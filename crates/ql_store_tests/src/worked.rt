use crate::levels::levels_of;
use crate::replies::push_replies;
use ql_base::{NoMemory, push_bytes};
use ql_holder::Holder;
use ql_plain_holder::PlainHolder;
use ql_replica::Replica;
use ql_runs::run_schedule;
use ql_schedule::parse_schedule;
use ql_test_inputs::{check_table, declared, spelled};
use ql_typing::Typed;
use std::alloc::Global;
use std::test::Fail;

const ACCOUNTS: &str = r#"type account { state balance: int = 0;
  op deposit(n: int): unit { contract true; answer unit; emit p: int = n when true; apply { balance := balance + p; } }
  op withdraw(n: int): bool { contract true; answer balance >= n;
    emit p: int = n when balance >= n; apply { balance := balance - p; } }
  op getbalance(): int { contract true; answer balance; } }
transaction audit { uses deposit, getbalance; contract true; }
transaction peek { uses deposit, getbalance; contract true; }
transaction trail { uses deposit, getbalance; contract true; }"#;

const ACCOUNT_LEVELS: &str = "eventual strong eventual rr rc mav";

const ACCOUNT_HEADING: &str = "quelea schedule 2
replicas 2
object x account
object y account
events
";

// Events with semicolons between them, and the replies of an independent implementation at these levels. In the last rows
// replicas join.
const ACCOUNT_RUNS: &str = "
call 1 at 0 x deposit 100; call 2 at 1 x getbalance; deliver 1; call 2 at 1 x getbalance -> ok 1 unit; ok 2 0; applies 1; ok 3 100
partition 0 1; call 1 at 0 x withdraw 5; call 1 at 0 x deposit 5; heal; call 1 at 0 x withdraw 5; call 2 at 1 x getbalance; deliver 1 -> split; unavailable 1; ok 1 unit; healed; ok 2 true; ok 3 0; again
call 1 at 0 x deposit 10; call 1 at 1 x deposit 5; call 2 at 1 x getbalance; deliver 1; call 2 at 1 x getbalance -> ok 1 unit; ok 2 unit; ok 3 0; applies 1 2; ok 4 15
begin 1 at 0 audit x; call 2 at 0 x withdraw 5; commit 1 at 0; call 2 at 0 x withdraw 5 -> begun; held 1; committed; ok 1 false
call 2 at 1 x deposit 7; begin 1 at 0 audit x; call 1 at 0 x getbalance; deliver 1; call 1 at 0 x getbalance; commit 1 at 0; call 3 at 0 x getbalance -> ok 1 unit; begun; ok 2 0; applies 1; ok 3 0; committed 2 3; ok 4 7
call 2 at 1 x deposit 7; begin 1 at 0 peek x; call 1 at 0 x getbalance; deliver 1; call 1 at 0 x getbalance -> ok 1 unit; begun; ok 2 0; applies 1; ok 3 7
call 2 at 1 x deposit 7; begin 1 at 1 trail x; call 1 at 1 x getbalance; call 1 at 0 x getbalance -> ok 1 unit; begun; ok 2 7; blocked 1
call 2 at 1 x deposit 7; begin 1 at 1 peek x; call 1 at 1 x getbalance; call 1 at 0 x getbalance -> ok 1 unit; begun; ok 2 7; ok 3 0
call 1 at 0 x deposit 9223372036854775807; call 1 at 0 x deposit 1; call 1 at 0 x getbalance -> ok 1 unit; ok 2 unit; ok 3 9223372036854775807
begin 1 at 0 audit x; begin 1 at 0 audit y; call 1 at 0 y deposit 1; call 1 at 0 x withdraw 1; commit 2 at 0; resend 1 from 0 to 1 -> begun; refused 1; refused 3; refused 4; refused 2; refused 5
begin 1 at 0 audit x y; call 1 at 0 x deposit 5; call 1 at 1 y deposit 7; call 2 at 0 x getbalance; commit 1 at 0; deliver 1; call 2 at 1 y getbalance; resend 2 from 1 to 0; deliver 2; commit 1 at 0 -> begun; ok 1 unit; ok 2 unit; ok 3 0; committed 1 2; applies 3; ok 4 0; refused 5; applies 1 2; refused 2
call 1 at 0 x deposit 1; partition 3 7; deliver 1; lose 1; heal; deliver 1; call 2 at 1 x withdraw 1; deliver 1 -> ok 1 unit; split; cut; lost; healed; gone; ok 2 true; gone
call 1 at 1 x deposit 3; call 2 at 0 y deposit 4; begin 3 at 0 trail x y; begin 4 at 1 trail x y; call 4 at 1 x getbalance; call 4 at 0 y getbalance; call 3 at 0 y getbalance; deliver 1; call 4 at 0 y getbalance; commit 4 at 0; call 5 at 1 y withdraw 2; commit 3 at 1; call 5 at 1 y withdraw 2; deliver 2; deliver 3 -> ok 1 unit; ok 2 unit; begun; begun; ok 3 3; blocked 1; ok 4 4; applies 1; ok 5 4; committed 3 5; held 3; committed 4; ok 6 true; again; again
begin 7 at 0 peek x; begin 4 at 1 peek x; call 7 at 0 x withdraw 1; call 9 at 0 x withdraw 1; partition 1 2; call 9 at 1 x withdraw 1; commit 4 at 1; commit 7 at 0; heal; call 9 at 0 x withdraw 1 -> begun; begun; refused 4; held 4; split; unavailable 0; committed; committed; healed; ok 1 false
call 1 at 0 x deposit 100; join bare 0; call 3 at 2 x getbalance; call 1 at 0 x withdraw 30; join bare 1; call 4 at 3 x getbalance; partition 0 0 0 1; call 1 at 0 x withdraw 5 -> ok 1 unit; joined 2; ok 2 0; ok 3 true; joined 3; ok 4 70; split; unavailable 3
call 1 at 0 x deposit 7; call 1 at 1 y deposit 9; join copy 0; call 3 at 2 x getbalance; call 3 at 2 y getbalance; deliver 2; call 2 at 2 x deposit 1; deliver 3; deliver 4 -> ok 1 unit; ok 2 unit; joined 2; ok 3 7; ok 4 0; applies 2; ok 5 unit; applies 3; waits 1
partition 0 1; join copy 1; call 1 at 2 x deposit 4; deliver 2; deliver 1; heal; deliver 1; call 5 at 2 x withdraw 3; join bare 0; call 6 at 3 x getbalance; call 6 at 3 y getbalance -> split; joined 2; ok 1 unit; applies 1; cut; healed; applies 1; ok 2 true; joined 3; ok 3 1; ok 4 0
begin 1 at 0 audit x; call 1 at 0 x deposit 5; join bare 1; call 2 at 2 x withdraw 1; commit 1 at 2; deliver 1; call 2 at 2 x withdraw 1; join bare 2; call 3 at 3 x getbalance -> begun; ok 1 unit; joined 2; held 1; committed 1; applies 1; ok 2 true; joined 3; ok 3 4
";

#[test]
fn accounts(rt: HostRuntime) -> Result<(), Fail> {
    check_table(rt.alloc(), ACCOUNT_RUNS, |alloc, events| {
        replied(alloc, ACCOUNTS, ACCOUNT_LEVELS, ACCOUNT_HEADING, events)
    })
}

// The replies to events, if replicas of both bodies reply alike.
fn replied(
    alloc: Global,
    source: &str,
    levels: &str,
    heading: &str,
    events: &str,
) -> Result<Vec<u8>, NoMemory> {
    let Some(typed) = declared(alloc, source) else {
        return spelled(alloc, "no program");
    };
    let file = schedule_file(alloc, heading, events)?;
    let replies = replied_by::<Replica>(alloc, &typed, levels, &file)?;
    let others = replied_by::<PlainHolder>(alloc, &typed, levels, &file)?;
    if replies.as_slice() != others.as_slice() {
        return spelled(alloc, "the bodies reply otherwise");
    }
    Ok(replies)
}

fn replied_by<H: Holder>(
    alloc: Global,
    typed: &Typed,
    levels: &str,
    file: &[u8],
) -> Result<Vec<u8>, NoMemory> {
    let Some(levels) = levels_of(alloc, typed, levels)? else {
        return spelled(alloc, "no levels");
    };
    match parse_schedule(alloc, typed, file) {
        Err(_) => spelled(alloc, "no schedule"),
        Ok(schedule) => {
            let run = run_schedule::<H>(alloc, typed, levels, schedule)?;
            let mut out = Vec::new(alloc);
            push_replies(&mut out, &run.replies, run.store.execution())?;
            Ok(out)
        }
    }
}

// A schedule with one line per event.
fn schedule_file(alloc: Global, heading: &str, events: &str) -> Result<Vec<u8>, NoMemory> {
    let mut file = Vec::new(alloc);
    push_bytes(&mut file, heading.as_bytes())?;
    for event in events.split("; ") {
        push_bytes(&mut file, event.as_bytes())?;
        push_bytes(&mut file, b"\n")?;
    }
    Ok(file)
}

▶ ASSIGNED TASK: Please give back the records exactly as written, beginning at the first line and including the line that holds "use ql_schedule::parse_schedule;" as the last.

▶ THE ANSWER:
filename crates/ql_store_tests/src/worked.rt
use crate::levels::levels_of;
use crate::replies::push_replies;
use ql_base::{NoMemory, push_bytes};
use ql_holder::Holder;
use ql_plain_holder::PlainHolder;
use ql_replica::Replica;
use ql_runs::run_schedule;
use ql_schedule::parse_schedule;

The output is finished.